The regulations also set forth labeling standards with a view to ensuring that consumers have a clear understanding about what they're buying. The onus is on wineries to ensure what they're selling is what they claim it to be, however, though the authority will audit wineries once every three years on a random basis. All wines labeled as B.C. wines meet the provincial standard as administered by the new authority, and wineries must be paid-up members of the authority.

While the Vintners' Quality Alliance program (previously the benchmark for premium wine in both B.C. and Ontario) was the basis of the new regulations, the VQA standard is not grandfathered into the new regulations. Henceforth, wines bearing the B.C. VQA designation must be in compliance with the new regulations.

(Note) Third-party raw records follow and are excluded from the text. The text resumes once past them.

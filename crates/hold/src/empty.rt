// The hold without a place: every early frame is only noted.
ghost use Rattle.std.specs.Prelude.{[]};

use crate::Hold;

#[derive(Clone, Copy, PartialEq, Eq, Debug)]
pub struct Empty;

impl Hold for Empty {
    ghost cells = { λ _. [] };

    ghost most = { λ _. 0 };

    fn places(&self) -> usize {
        0 // no place
    }

    fn keep(&mut self, _place: usize, _frame: &[u8]) -> bool {
        false // no place to keep it at
    }

    fn drop(&mut self, _place: usize) {}

    fn look(&self, _place: usize) -> Option<usize> {
        None
    }

    fn copy(&self, _place: usize, _out: &mut [u8]) -> bool {
        false // nothing to write
    }

    #[tactic(auto, unfolding(table::specs::Places::taken_places))]
    fn taken(&self) -> usize {
        0 // none is taken
    }
}
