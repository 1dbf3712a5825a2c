// Lists of keeps and drops, and the law that every hold keeps over them.
ghost use Rattle.hold.specs.Law.{Decided, History, Law};
ghost use Rattle.hold.specs.Told.{event_of, task_of, told};
ghost use Rattle.std.specs.Prelude.{◌≡◌, [], ◌∷◌, map, length};

use crate::{Hold, drop_all};

#[derive(Clone, Copy, PartialEq, Eq, Debug)]
pub enum Task<'a> {
    // keep the frame at the place
    Keep(usize, &'a [u8]),
    // drop what the place holds
    Drop(usize),
}

// A task, and whether it stored a frame; a drop never does. The answer stands beside the task, and not in a keep, since
// `perform` promises that the tasks stay as they are.
#[derive(Drop)]
pub struct Operation<'a> {
    pub task: Task<'a>,
    pub stored: bool,
}

fn perform_one<H: Hold>(hold: &mut H, operation: &mut Operation<'_>)
    ensures law { (h : History) → Law (length (H.cells hold.old)) (H.most hold.old) h (H.cells hold.old) → Law (length (H.cells hold.old)) (H.most hold.old) (event_of operation.new ∷ h) (H.cells hold.new) }
    ensures most_unchanged { H.most hold.new ≡ H.most hold.old }
    ensures task_unchanged { operation.new.task ≡ operation.old.task }
{
    operation.stored = match operation.task {
        Task::Keep(place, frame) => hold.keep(place, frame),
        Task::Drop(place) => {
            hold.drop(place);
            false // a drop stores nothing
        }
    };
}

// Empties the hold, performs the operations in their order, and sets in each whether it stored a frame.
#[tactic(auto, using(crate::proofs::Turns::law_more, crate::proofs::Turns::told_more, crate::proofs::Turns::tasks_same))]
pub fn perform<H: Hold>(hold: &mut H, operations: &mut [Operation<'_>])
    ensures law { Law (length (H.cells hold.old)) (H.most hold.old) (told [] operations.new) (H.cells hold.new) }
    ensures most_unchanged { H.most hold.new ≡ H.most hold.old }
    ensures tasks_unchanged { map task_of operations.new ≡ map task_of operations.old }
{
    drop_all(hold);
    for operation in operations.iter_mut() {
        perform_one(hold, operation);
    }
}

// The law leaves no answer open.
#[tactic(auto, using(crate::proofs::Laws::decided))]
pub fn law_decides()
    ensures answers_decided { Decided }
{}
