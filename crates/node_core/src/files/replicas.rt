//! Replicas and their acknowledgements.

ghost use Rattle.std.specs.Prelude.{◌≡◌, ◌<◌, ◌≤◌, ◌∷◌, ℕ, List, IfOk, MatchOption, length, slice_get};
ghost use Rattle.overlay_rules.specs.Replicas.{acknowledged as acknowledged_of, on_replicate as on_replicate_of, on_replica_ack as on_replica_ack_of};
ghost use Rattle.overlay_rules.specs.State.{State};
ghost use Rattle.node_parts.specs.Change.{changed};
ghost use Rattle.node_parts.specs.Plans.{Plans};
ghost use Rattle.node_parts.specs.Seen.{seen, Shows};
ghost use Rattle.past_core.specs.Acks.{stored_at};
ghost use Rattle.node_parts.specs.declared.change.Wait.TheVariants as waiting;
ghost use Rattle.node_core.specs.Rows.{IsRow};

use file_store::Put;
use node_parts::{Change, Node, PastChange, Prepared, StoreChange, Wait};
use overlay_rules::Asked;
use past_core::Ack;
use ring_math::{Bytes, FileId, Id, Ids, IdsBuilder, MOST_MEMBERS, OutOfMemory};
use std::alloc::Global;
use wire_msg::{Message, Reply};

/// The root that sent a replica is told that it is held.
fn acknowledged(
    alloc: Global,
    change: Change,
    root: Id,
    origin: Id,
    number: u64,
    file: &FileId,
) -> Result<Prepared, OutOfMemory>
    ensures { (s t : State) → changed change s ≡ t → IfOk result (λ p. Plans s p (acknowledged_of t root origin number file.now)) }
{
    let ack = Message::ReplicaAck {
        origin,
        number,
        file: *file,
    };
    Prepared::sending(alloc, change, root, ack)
}

/// The row of a replica from a root.
#[inline(never)]
pub(crate) fn on_replicate(
    node: &Node,
    alloc: Global,
    from: Id,
    origin: Id,
    number: u64,
    file: &FileId,
    bytes: &Bytes,
) -> Result<Prepared, OutOfMemory>
    ensures { IsRow node.now waiting.Keep (λ s. on_replicate_of s from origin number file.now bytes.now) result }
{
    match node.store.would_put(file, bytes) {
        Put::New => {
            let store = StoreChange::Set {
                file: *file,
                slot: Some(bytes.copy(alloc)?),
            };
            let change = Change::files(alloc, store, PastChange::Keep, Wait::Keep)?;
            acknowledged(alloc, change, from, origin, number, file)
        }
        Put::Same => acknowledged(alloc, Change::nothing(), from, origin, number, file),
        _ => Ok(Prepared::quiet(alloc, Change::nothing())),
    }
}

/// The node, and then those of its replicas; None exactly where these are so many that no answer has room for the node too.
fn holders_of(alloc: Global, me: Id, targets: &Ids) -> Result<Option<Ids>, OutOfMemory>
    ensures { IfOk result (λ holders. MatchOption holders (MOST_MEMBERS ≤ length targets.now) (λ all. all ≡ me ∷ targets.now)) }
{
    if targets.as_slice().len() >= MOST_MEMBERS {
        return Ok(None);
    }
    let mut holders = IdsBuilder::new();
    holders.push(me);
    for target in targets.as_slice() {
        holders.push(*target);
    }
    Ok(Some(holders.finish(alloc)?))
}

/// The insert at this place is over: each replica is held.
fn stored(
    node: &Node,
    alloc: Global,
    place: usize,
    origin: Id,
    number: u64,
) -> Result<Prepared, OutOfMemory>
    requires { place < length node.now.past.asks }
    ensures { (known : List ℕ) → Shows node.now known → IfOk result (λ p. Plans (seen node.now known) p
        (stored_at (seen node.now known) origin number place (slice_get node.now.past.asks place))) }
{
    let holders = holders_of(alloc, node.me, &node.past.as_slice()[place].targets)?;
    match holders {
        Some(all) => {
            let past = PastChange::TakeOut { place };
            let change = Change::files(alloc, StoreChange::Keep, past, Wait::Keep)?;
            Prepared::replied(
                alloc,
                change,
                Asked::Insert,
                origin,
                number,
                Reply::Stored { holders: all },
            )
        }
        // No insert has so many targets, so this does not come.
        None => Ok(Prepared::quiet(alloc, Change::nothing())),
    }
}

/// The row of an acknowledgement.
#[inline(never)]
pub(crate) fn on_replica_ack(
    node: &Node,
    alloc: Global,
    from: Id,
    origin: Id,
    number: u64,
    file: &FileId,
) -> Result<Prepared, OutOfMemory>
    ensures { IsRow node.now waiting.Keep (λ s. on_replica_ack_of s from origin number file.now) result }
{
    let ack = node.past.what_ack(alloc, from, origin, number, file)?;
    match ack {
        Ack::Unknown => Ok(Prepared::quiet(alloc, Change::nothing())),
        Ack::Heard { place, awaited } => {
            let past = PastChange::Hear { place, awaited };
            let change = Change::files(alloc, StoreChange::Keep, past, Wait::Keep)?;
            Ok(Prepared::quiet(alloc, change))
        }
        Ack::Last { place } => stored(node, alloc, place, origin, number),
    }
}
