//! Reclaims.

ghost use Rattle.std.specs.Prelude.{◌≡◌, true, IfOk};
ghost use Rattle.ring_math.specs.Files.{slot_of, has_entry};
ghost use Rattle.overlay_rules.specs.State.{State};
ghost use Rattle.overlay_rules.specs.Roots.{on_reclaim as on_reclaim_of, reclaimed};
ghost use Rattle.past_core.specs.Reclaims.{reclaim_reply, reclaim_note, after_reclaim};
ghost use Rattle.node_parts.specs.Change.{changed, waited};
ghost use Rattle.node_core.specs.Rows.{IsRow};

use crate::files::ended::reply_each;
use crate::request::{Request, Served, routed};
use node_parts::{Change, Node, PastChange, Prepared, StoreChange, Wait, one_more};
use overlay_rules::Asked;
use past_core::ReclaimWhat;
use ring_math::{FileId, Id, OutOfMemory, key_of};
use std::alloc::Global;
use wire_msg::{Message, Note, Notes, Reply, Sends};

/// What is replied to a reclaim.
fn reply_of(me: Id, what: ReclaimWhat) -> Reply
    ensures { result ≡ reclaim_reply me what }
{
    match what {
        ReclaimWhat::NotFound => Reply::NotFound { node: me },
        ReclaimWhat::Already | ReclaimWhat::Reclaimed => Reply::Reclaimed { node: me },
    }
}

/// What is noted of a reclaim.
fn notes_of(alloc: Global, what: ReclaimWhat, file: &FileId) -> Result<Notes, OutOfMemory>
    ensures { IfOk result (λ notes. notes ≡ reclaim_note file.now what) }
{
    let mut notes = Notes::new(alloc);
    if let ReclaimWhat::Reclaimed = what {
        notes.push(Note::Reclaimed { file: *file })?;
    }
    Ok(notes)
}

/// What the reclaim changes. Bytes are turned into a tombstone only where the file has an entry.
fn change_of(
    alloc: Global,
    what: ReclaimWhat,
    file: &FileId,
    wait: Wait,
) -> Result<Change, OutOfMemory>
    ensures { (s : State) → (what ≡ ReclaimWhat.Reclaimed → has_entry s.files file.now ≡ true) →
        IfOk result (λ change. changed change s ≡ after_reclaim (waited wait s) file.now what) }
{
    match what {
        ReclaimWhat::NotFound | ReclaimWhat::Already => Ok(Change::waits(wait)),
        ReclaimWhat::Reclaimed => {
            let store = StoreChange::Set {
                file: *file,
                slot: None,
            };
            Change::files(alloc, store, PastChange::End { file: *file }, wait)
        }
    }
}

/// The node is the root of the file: what waits for it is replied first, and then the reclaim.
fn reclaim_here(
    node: &Node,
    alloc: Global,
    request: &Request,
    file: &FileId,
) -> Result<Prepared, OutOfMemory>
    ensures { IsRow node.now request.now.wait (λ s. reclaimed s request.now.origin request.now.number file.now (slot_of s.files file.now)) result }
{
    let step = node.past.what_reclaim(alloc, &node.store, file)?;
    let mut messages = Sends::new(alloc);
    let mut notes = notes_of(alloc, step.what, file)?;
    reply_each(
        alloc,
        &step.ended,
        &Reply::Gone { node: node.me },
        &mut messages,
        &mut notes,
    )?;
    let change = change_of(alloc, step.what, file, request.wait)?;
    let first = Prepared {
        messages,
        notes,
        change,
    };
    first.and_replied(
        alloc,
        Asked::Reclaim,
        request.origin,
        request.number,
        reply_of(node.me, step.what),
    )
}

/// The row of a reclaim.
#[inline(never)]
pub(crate) fn on_reclaim(
    node: &Node,
    alloc: Global,
    request: &Request,
    hops: u16,
    file: &FileId,
) -> Result<Prepared, OutOfMemory>
    ensures { IsRow node.now request.now.wait (λ s. on_reclaim_of s request.now.origin request.now.number hops file.now) result }
{
    match routed(node, key_of(file)) {
        Served::Here => reclaim_here(node, alloc, request, file),
        Served::On { node: next } => {
            let message = Message::Reclaim {
                origin: request.origin,
                number: request.number,
                hops: one_more(hops),
                file: *file,
            };
            request.passed_on(alloc, next, message)
        }
        Served::Refused { reply } => request.replied(alloc, Asked::Reclaim, reply),
    }
}
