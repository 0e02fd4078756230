//! Files that are handed over to a joiner.

ghost use Rattle.std.specs.Prelude.{◌≡◌};
ghost use Rattle.std.specs.Bool.{OnTrue, OnFalse};
ghost use Rattle.overlay_rules.specs.Replicas.{on_handover as on_handover_of};
ghost use Rattle.node_parts.specs.declared.change.Wait.TheVariants as waiting;
ghost use Rattle.node_core.specs.Rows.{IsRow};

use crate::joins::finishing::ready_with_file;
use file_store::Put;
use node_parts::{Change, Node, Prepared};
use ring_math::{Bytes, FileId, OutOfMemory};
use std::alloc::Global;

/// Nothing stands for the file, and there is room for it.
fn is_new(put: Put) -> bool
    ensures new { OnTrue result (put ≡ Put.New) }
    ensures other { OnFalse result (put ≡ Put.New → ⊥) }
{
    matches!(put, Put::New)
}

/// The row of a file that is handed over: it is put where it can be, and the join may be done with it.
#[inline(never)]
pub(crate) fn on_handover(
    node: &Node,
    alloc: Global,
    file: &FileId,
    bytes: &Bytes,
) -> Result<Prepared, OutOfMemory>
    ensures { IsRow node.now waiting.Keep (λ s. on_handover_of s file.now bytes.now) result }
{
    let put = node.store.would_put(file, bytes);
    if is_new(put) {
        ready_with_file(node, alloc, file, bytes)
    } else {
        Ok(Prepared::quiet(alloc, Change::nothing()))
    }
}
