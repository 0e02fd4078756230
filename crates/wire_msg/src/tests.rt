use super::*;
use ring_math::{Bytes, FileId, FileIds, Id, IdsBuilder};
use std::alloc::Global;
use std::test::Fail;

fn bytes_of(alloc: Global, bytes: &[u8]) -> Result<Bytes, Fail> {
    Ok(Bytes::copy_of(alloc, bytes)?)
}

#[test]
fn copies_are_one_to_nine(rt: HostRuntime) -> Result<(), Fail> {
    for (n, is_allowed) in [(0, false), (1, true), (9, true), (10, false), (255, false)] {
        let copies = Copies::new(n);
        assert_eq!(rt; copies.is_some(), is_allowed, "{n}");
        if let Some(copies) = copies {
            assert_eq!(rt; copies.get(), n);
        }
    }
    Ok(())
}

#[test]
fn a_frame_holds_its_bytes(rt: HostRuntime) -> Result<(), Fail> {
    let mut frame = Frame::new(rt.alloc());
    assert_eq!(rt; frame.as_slice().len(), 0);
    frame.push(7)?;
    assert_eq!(rt; frame.as_slice(), [7].as_slice());
    let copy = Frame::copy_of(rt.alloc(), b"abc")?;
    assert_eq!(rt; copy.as_slice(), b"abc".as_slice());
    let frame = Frame::from([1, 2].to_vec(rt.alloc())?);
    assert_eq!(rt; frame.as_slice(), [1, 2].as_slice());
    Ok(())
}

fn an_insert(alloc: Global) -> Result<Envelope, Fail> {
    Ok(Envelope {
        sender: Id(1),
        receiver: Id(2),
        stamp: 3,
        message: Message::Insert {
            origin: Id(4),
            number: 5,
            hops: 6,
            file: FileId([7; 20]),
            copies: Copies::new(8).ok_or("8 copies are allowed")?,
            bytes: bytes_of(alloc, b"nine")?,
        },
    })
}

/// Whether this is that insert.
fn is_the_insert(envelope: &Envelope) -> bool {
    let Message::Insert {
        origin,
        number,
        hops,
        file,
        copies,
        bytes,
    } = &envelope.message
    else {
        return false;
    };
    envelope.sender == Id(1)
        && envelope.receiver == Id(2)
        && envelope.stamp == 3
        && *origin == Id(4)
        && *number == 5
        && *hops == 6
        && *file == FileId([7; 20])
        && copies.get() == 8
        && bytes.as_slice() == b"nine".as_slice()
}

/// A copy of the insert, which is no more. What is dropped by a call is one step here, and at the end of a block a case for each
/// kind of message.
fn a_copy(alloc: Global) -> Result<Envelope, Fail> {
    let source = an_insert(alloc)?;
    let copy = source.copy(alloc);
    drop(source);
    Ok(copy?)
}

#[test]
fn a_copy_outlives_its_source(rt: HostRuntime) -> Result<(), Fail> {
    let mut envelopes = Envelopes::new(rt.alloc());
    envelopes.push(a_copy(rt.alloc())?)?;
    let kept = envelopes.as_slice();
    assert!(rt; kept.len() == 1 && kept.iter().all(is_the_insert));
    Ok(())
}

fn a_grant(alloc: Global) -> Result<Message, Fail> {
    let manifest = FileIds::copy_of(alloc, &[FileId([1; 20])])?;
    let tombs = FileIds::copy_of(alloc, &[])?;
    Ok(Message::Grant {
        attempt: 9,
        manifest,
        tombs,
    })
}

/// Whether this is that grant.
fn is_the_grant(message: &Message) -> bool {
    let Message::Grant {
        attempt,
        manifest,
        tombs,
    } = message
    else {
        return false;
    };
    *attempt == 9
        && manifest.as_slice() == [FileId([1; 20])].as_slice()
        && tombs.as_slice().is_empty()
}

fn is_copied(alloc: Global, grant: &Message) -> Result<bool, Fail> {
    let copy = grant.copy(alloc)?;
    let is_so = is_the_grant(&copy);
    drop(copy);
    Ok(is_so)
}

#[test]
fn a_grant_keeps_both_lists(rt: HostRuntime) -> Result<(), Fail> {
    let grant = a_grant(rt.alloc())?;
    let is_so = is_copied(rt.alloc(), &grant);
    drop(grant);
    assert!(rt; is_so?);
    Ok(())
}

/// A note that a command was closed with the holders of a file.
fn a_closing(alloc: Global) -> Result<Note, Fail> {
    let mut holders = IdsBuilder::new();
    holders.push(Id(3));
    let holders = holders.finish(alloc)?;
    let answer = Answer::Reply(Reply::Stored { holders });
    Ok(Note::Closed { number: 4, answer })
}

fn is_the_closing(note: &Note) -> bool {
    match note {
        Note::Closed {
            number: 4,
            answer: Answer::Reply(Reply::Stored { holders }),
        } => holders.as_slice() == [Id(3)].as_slice(),
        _ => false,
    }
}

fn is_the_reclaim(note: &Note) -> bool {
    matches!(note, Note::Reclaimed { file } if *file == FileId([5; 20]))
}

fn a_copied_closing(alloc: Global) -> Result<Note, Fail> {
    let closed = a_closing(alloc)?;
    let copy = closed.copy(alloc);
    drop(closed);
    Ok(copy?)
}

#[test]
fn notes_are_kept_in_order(rt: HostRuntime) -> Result<(), Fail> {
    let mut notes = Notes::new(rt.alloc());
    notes.push(Note::Reclaimed {
        file: FileId([5; 20]),
    })?;
    notes.push(a_copied_closing(rt.alloc())?)?;
    let [first, second] = notes.as_slice() else {
        return Err("two notes were pushed")?;
    };
    assert!(rt; is_the_reclaim(first) && is_the_closing(second));
    Ok(())
}

#[test]
fn a_command_is_copied(rt: HostRuntime) -> Result<(), Fail> {
    let command = Command::Join { via: Id(6) }.copy(rt.alloc())?;
    let is_so = matches!(&command, Command::Join { via: Id(6) });
    drop(command);
    assert!(rt; is_so);
    Ok(())
}

fn is_sent(sent: &Outgoing) -> bool {
    sent.receiver == Id(8) && matches!(&sent.message, Message::Announce)
}

#[test]
fn sends_are_kept(rt: HostRuntime) -> Result<(), Fail> {
    let mut sends = Sends::new(rt.alloc());
    sends.push(Outgoing {
        receiver: Id(8),
        message: Message::Announce,
    })?;
    assert!(rt; sends.as_slice().iter().all(is_sent));
    assert!(rt; sends.into_items().len() == 1);
    Ok(())
}
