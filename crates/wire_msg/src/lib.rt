//! The messages of the overlay, the commands that nodes are given, and what is noted of them.
#![tactic(auto)]

mod command;
mod frame;
mod limits;
mod lists;
mod message;
mod note;
mod reply;

pub use command::{Command, Copies};
pub use frame::Frame;
pub use limits::{LAST_ATTEMPT, MOST_COPIES, MOST_HOPS, MOST_TARGETS};
pub use lists::{Envelopes, Notes, Sends};
pub use message::{Envelope, Message, Outgoing};
pub use note::Note;
pub use reply::{Answer, Own, Reply, Why};

#[cfg(test)]
mod tests;
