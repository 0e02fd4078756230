//! Answers to requests and to commands.

ghost use Rattle.std.specs.Prelude.{◌≡◌, IfOk};

use ring_math::{Bytes, Id, Ids, OutOfMemory};
use std::alloc::Global;

/// The answer to a lookup, an insert, a fetch or a reclaim.
#[derive(Drop)]
pub enum Reply {
    /// The node was the closest ready one, so many hops from the origin.
    Delivered { node: Id, hops: u16 },
    /// Each of these nodes holds the file: the root, then its replicas, nearest to the key first.
    Stored { holders: Ids },
    Found { node: Id, bytes: Bytes },
    NotFound { node: Id },
    /// Other bytes are held for the file.
    Collision { node: Id },
    /// The root knows so many leaves, fewer than the copies need.
    TooFew { node: Id, known: u16 },
    /// The key is kept back for a joiner.
    Busy { node: Id, joiner: Id },
    NotReady { node: Id },
    /// The root has 4,096 entries, and none for the file.
    Full { node: Id },
    /// The file was reclaimed.
    Gone { node: Id },
    /// The file is reclaimed, now or before.
    Reclaimed { node: Id },
}

impl Reply {
    /// The same reply, which shares the lists that this one names.
    pub fn copy(&self, alloc: Global) -> Result<Reply, OutOfMemory>
        ensures { IfOk result (λ reply. reply ≡ self.now) }
    {
        Ok(match self {
            Reply::Delivered { node, hops } => Reply::Delivered {
                node: *node,
                hops: *hops,
            },
            Reply::Stored { holders } => Reply::Stored {
                holders: holders.copy(alloc)?,
            },
            Reply::Found { node, bytes } => Reply::Found {
                node: *node,
                bytes: bytes.copy(alloc)?,
            },
            Reply::NotFound { node } => Reply::NotFound { node: *node },
            Reply::Collision { node } => Reply::Collision { node: *node },
            Reply::TooFew { node, known } => Reply::TooFew {
                node: *node,
                known: *known,
            },
            Reply::Busy { node, joiner } => Reply::Busy {
                node: *node,
                joiner: *joiner,
            },
            Reply::NotReady { node } => Reply::NotReady { node: *node },
            Reply::Full { node } => Reply::Full { node: *node },
            Reply::Gone { node } => Reply::Gone { node: *node },
            Reply::Reclaimed { node } => Reply::Reclaimed { node: *node },
        })
    }
}

/// Why a join was refused.
#[derive(Clone, Copy, Debug, PartialEq, Eq)]
pub enum Why {
    /// Another joiner has the lease.
    Busy { joiner: Id },
    /// The node's links are these, and not those that the joiner named.
    Moved { left: Id, right: Id },
    NotReady,
}

/// How a node ended its own join.
#[derive(Clone, Copy, Debug, PartialEq, Eq)]
pub enum Own {
    GivenUp,
    /// It was not waiting.
    Already,
    /// Its attempts are used up.
    Spent,
}

/// How a command was closed.
#[derive(Drop)]
pub enum Answer {
    Reply(Reply),
    /// The node stands between these two.
    Joined { left: Id, right: Id },
    Denied { node: Id, why: Why },
    Stopped { node: Id, own: Own },
    GaveUp,
    NothingToGiveUp,
}

impl Answer {
    /// The same answer, which shares the lists that this one names.
    pub fn copy(&self, alloc: Global) -> Result<Answer, OutOfMemory>
        ensures { IfOk result (λ answer. answer ≡ self.now) }
    {
        Ok(match self {
            Answer::Reply(reply) => Answer::Reply(reply.copy(alloc)?),
            Answer::Joined { left, right } => Answer::Joined {
                left: *left,
                right: *right,
            },
            Answer::Denied { node, why } => Answer::Denied {
                node: *node,
                why: *why,
            },
            Answer::Stopped { node, own } => Answer::Stopped {
                node: *node,
                own: *own,
            },
            Answer::GaveUp => Answer::GaveUp,
            Answer::NothingToGiveUp => Answer::NothingToGiveUp,
        })
    }
}
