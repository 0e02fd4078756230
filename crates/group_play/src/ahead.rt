//! A look at the next messages that are on their way, and at where the seats of their receivers may stand.
//!
//! What a delivery needs lies far apart: a seat, its part, the part's children and what came to it. What is looked at for the first
//! time is waited for. But a settle delivers messages in the order in which they were sent, so the next ones are looked at together,
//! in short loops, none of which needs what another of its turns looks at: then much is waited for at once. No promise rests on this.

use crate::seats::Seats;
use ring_math::{Id, OutOfMemory, SPREAD, cw};
use scribe_core::{GroupMessage, GroupSent};
use std::alloc::Global;

/// How many messages are looked at together.
const TOGETHER: usize = 16;

/// How many bits of a number that is spread choose its hint.
const HINT_BITS: u32 = 16;

/// What was seen of a message.
#[derive(Clone, Copy)]
struct Sight {
    /// Where the seat may stand to which it comes.
    guess: Option<usize>,
    /// What was seen of the message itself, and first of the part there. Nothing is done with it.
    is_graft: bool,
    child: Id,
    number: u64,
}

/// What was seen of the messages that were looked at last, and hints of where seats stand.
#[derive(Drop)]
pub(crate) struct Ahead {
    /// The first of these messages, and the first behind them.
    from: usize,
    upto: usize,
    sights: [Sight; TOGETHER],
    /// For each value of so many bits the place of the seat that was last looked up by a number that is spread to it. To look
    /// one up takes a hash, and to see that a hint is right takes none.
    hints: Vec<u32>,
}

/// Which hint a number goes by.
fn hint_of(number: u128) -> usize {
    let low = (number & u128::from(u64::MAX)) as u64;
    let folded = low ^ (number >> u64::BITS) as u64;
    (folded.wrapping_mul(SPREAD) >> (u64::BITS - HINT_BITS)) as usize
}

/// The number by which the seat is looked up to which a message comes.
fn slot_of(sent: &GroupSent) -> u128 {
    cw(sent.receiver, sent.group.key())
}

impl Sight {
    fn none() -> Sight {
        Sight {
            guess: None,
            is_graft: false,
            child: Id(0),
            number: 0,
        }
    }

    /// Whether a seat that is looked up as the message's would be stands where it is guessed.
    fn is_right(&self, sent: &GroupSent, seats: &Seats) -> bool {
        let Some(place) = self.guess else {
            return false;
        };
        match seats.items.get(place) {
            // Both are looked at, whatever the first says.
            Some(seat) => (seat.node == sent.receiver) & (seat.group.key() == sent.group.key()),
            None => false,
        }
    }

    /// Looks the seat up, and leaves a hint of where it stands.
    fn look_up(&mut self, hints: &mut [u32], sent: &GroupSent, seats: &Seats) {
        self.guess = seats.last.get(&slot_of(sent)).copied();
        if !self.is_right(sent, seats) {
            self.guess = None;
        }
        if let Some(place) = self.guess
            && let Ok(place) = u32::try_from(place)
            && let Some(hint) = hints.get_mut(hint_of(slot_of(sent)))
        {
            *hint = place;
        }
    }

    /// Looks at the part that stands where the seat is guessed.
    fn look_at_part(&mut self, seats: &Seats) {
        let Some(place) = self.guess else {
            return;
        };
        let Some(part) = seats.parts.get(place) else {
            return;
        };
        if let Some(child) = part.children.first() {
            self.child = *child;
        }
        if let Some(number) = part.seen.first() {
            self.number = *number;
        }
    }
}

impl Ahead {
    /// Nothing was looked at yet. It takes no memory.
    pub(crate) fn new(alloc: Global) -> Ahead {
        Ahead {
            from: 0,
            upto: 0,
            sights: [Sight::none(); TOGETHER],
            hints: Vec::new(alloc),
        }
    }

    /// Where the seat may stand to which a message comes. If that was not looked at, it is now, and with it the messages behind, of
    /// which so many are to be delivered with it.
    pub(crate) fn guess(
        &mut self,
        message: usize,
        left: u32,
        sent: &[GroupSent],
        seats: &Seats,
    ) -> Result<Option<usize>, OutOfMemory> {
        if message < self.from || self.upto <= message {
            self.hints.resize(1 << HINT_BITS, 0)?;
            let Some(sent) = sent.get(message..) else {
                return Ok(None);
            };
            let count = TOGETHER.min(left as usize).min(sent.len());
            self.from = message;
            self.upto = message.saturating_add(count);
            if let Some(sights) = self.sights.get_mut(..count) {
                look(sights, &mut self.hints, sent, seats);
            }
        }
        Ok(self.sights[message.saturating_sub(self.from) % TOGETHER].guess)
    }
}

/// It is a call of its own, since what is seen would else be taken for unused, and not be looked at.
#[inline(never)]
fn look(sights: &mut [Sight], hints: &mut [u32], sent: &[GroupSent], seats: &Seats) {
    for (sight, sent) in sights.iter_mut().zip(sent) {
        let hint = hints.get(hint_of(slot_of(sent)));
        sight.guess = hint.map(|hint| *hint as usize);
        sight.is_graft = matches!(sent.message, GroupMessage::Graft);
    }
    for (sight, sent) in sights.iter_mut().zip(sent) {
        if !sight.is_right(sent, seats) {
            sight.look_up(hints, sent, seats);
        }
    }
    for sight in sights.iter_mut() {
        sight.look_at_part(seats);
    }
}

Some wineries will have to address inconsistencies in labeling. Cabernet Merlot, a designation allowed under the former VQA standard, isn't allowed under the provincial rules. Instead, the dominant grape variety must be clearly stated on a wine's label, with other varieties listed in order of presence. That means wine with, say, Cabernet Sauvignon, Cabernet Franc and Merlot must list each grape variety individually, according to its proportion in the wine.

Johnston believes the authority will be an effective arbiter of wine quality in the province. The B.C. Wine Institute previously administered quality standards for B.C. wines under the VQA program, as well as marketing and lobbying initiatives. But the institute's various roles led to concerns in some quarters that it might be in conflict with itself as both administrator of the Vintners' Quality Alliance standard and the marketer of the same wines. In addition, many wineries in the province opted not to join the institute rather than submit to its production standards. Since an effective enforcement regime didn't exist, wineries didn't face penalties for not joining the institute.

The new regulations were put to an industry vote in 2006 to assure buy-in. Producers rejected an initial draft, prompting revisions that resulted in the regulations adopted last year.

BCWI officially transferred responsibility for administering production standards to the new wine authority at the end of August 2008. The transition allows the institute to focus on promoting and marketing B.C. wines as well as representing the industry in its relations with government.

B.C. Wine Authority directors include Hugh Gordon, Layne Marshal and Jeffrey Thomas. The general manager of the authority is John Nixon, a consultant based in Richmond, B.C.